We then define the pro-etale site of $X$, denoted $X_\mathrm{proet}$, to have as objects weakly etale morphisms $Y\to X$ and as covers fpqc covers (see Tag 03NW). Let us define $\mathrm{Loc}(X_\mathrm{proet})$ to be the category sheaves of sets $\mathcal{F}$ on $X_\mathrm{proet}$ which are locally trivial (i.e. for which there is an fpqc cover $\{Y_i\to X\}$ in $\mathrm{X}_{\mathrm{proet}}$ such that $\mathcal{F}_{Y_i}$ is constant for all $i$).

We then have the following theorem.

Theorem/Definition (Bhatt--Scholze): A morphism $X'\to X$ is called a geometric covering if it's partially proper (i.e. satisfies the valuative criterion for properness--see Tag 0BX5) and etale. Denote by $\mathrm{Cov}_X$ the category of geometric coverings of $X$. The functor

$$\mathrm{Cov}_X\to \mathrm{Loc(X_\mathrm{proet})},\qquad X'\mapsto h_{X'}:=\text{Hom}_X(-,X')$$

is an equivalence of categories.

In other words, all pro-etale local systems are representable, and representable precisely by geometric coverings.
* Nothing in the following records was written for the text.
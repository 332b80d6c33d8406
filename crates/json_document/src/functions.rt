//! Functions.

ghost use Rattle.json_document.specs.Document.Functions.{function_argument_of, function_of, function_result_of, local_variable_of};
ghost use Rattle.json_expressions.specs.Expressions.{expression_of};
ghost use Rattle.json_statements.specs.Statements.{block_of};

use crate::document::Documents;
use ir_module::{Expression, Function, FunctionArgument, FunctionResult, LocalVariable};
use ir_statements::Block;
use json_expressions::read_expression;
use json_statements::read_body;
use json_values::{FromJson, Held, ReadError};

impl FromJson<Documents> for LocalVariable {
    ghost stands_for = { local_variable_of };

    fn from_json(_: Documents, held: Held) -> Result<Self, ReadError> {
        match held.three(Documents, &("name", "ty", "init")) {
            Ok((name, ty, init)) => Ok(LocalVariable { name, ty, init }),
            Err(error) => Err(error),
        }
    }
}

impl FromJson<Documents> for FunctionArgument {
    ghost stands_for = { function_argument_of };

    fn from_json(_: Documents, held: Held) -> Result<Self, ReadError> {
        match held.three(Documents, &("name", "ty", "binding")) {
            Ok((name, ty, binding)) => Ok(FunctionArgument { name, ty, binding }),
            Err(error) => Err(error),
        }
    }
}

impl FromJson<Documents> for FunctionResult {
    ghost stands_for = { function_result_of };

    fn from_json(_: Documents, held: Held) -> Result<Self, ReadError> {
        match held.two(Documents, &("ty", "binding")) {
            Ok((ty, binding)) => Ok(FunctionResult { ty, binding }),
            Err(error) => Err(error),
        }
    }
}

impl FromJson<Documents> for Expression {
    ghost stands_for = { expression_of };

    fn from_json(_: Documents, held: Held) -> Result<Self, ReadError> {
        read_expression(held.alloc, held.value)
    }
}

impl FromJson<Documents> for Block {
    ghost stands_for = { block_of };

    fn from_json(_: Documents, held: Held) -> Result<Self, ReadError> {
        read_body(held.alloc, held.value)
    }
}

impl FromJson<Documents> for Function {
    ghost stands_for = { function_of };

    fn from_json(_: Documents, held: Held) -> Result<Self, ReadError> {
        match held.five(
            Documents,
            &(
                "arguments",
                "result",
                "local_variables",
                "expressions",
                "body",
            ),
        ) {
            Ok((arguments, result, local_variables, expressions, body)) => Ok(Function {
                arguments,
                result,
                local_variables,
                expressions,
                body,
            }),
            Err(error) => Err(error),
        }
    }
}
There is also a group theoretic classification of pro-etale local systems. Bhatt and Scholze show that $\mathrm{Cov}_X$ is a so-called tame infinite Galois category (which is the analogue of classical Galois category theory where you are allowed to consider topological groups which aren't pro-finite). This means, by general theory, that there is a (Noohi) topological group $\mathrm{pi}_1^\mathrm{proet}(X,\overline{x})$ and a natural isomorphism

$$F_{\overline{x}}\colon \mathrm{Cov}_X\xrightarrow{\approx}\pi_1^\mathrm{proet}(X,\overline{x})\text{-}\mathbf{Set},$$

where this latter category is the category of discrete sets with a continuous action of $\pi_1^\mathrm{proet}(X,\overline{x})$. Here $F_{\overline{x}}(Y)$ is, as one would expect, the 'fiber' of $X'\to X$ over $\overline{x}$ (i.e. the underlying set of $X'\times_X \overline{x}$).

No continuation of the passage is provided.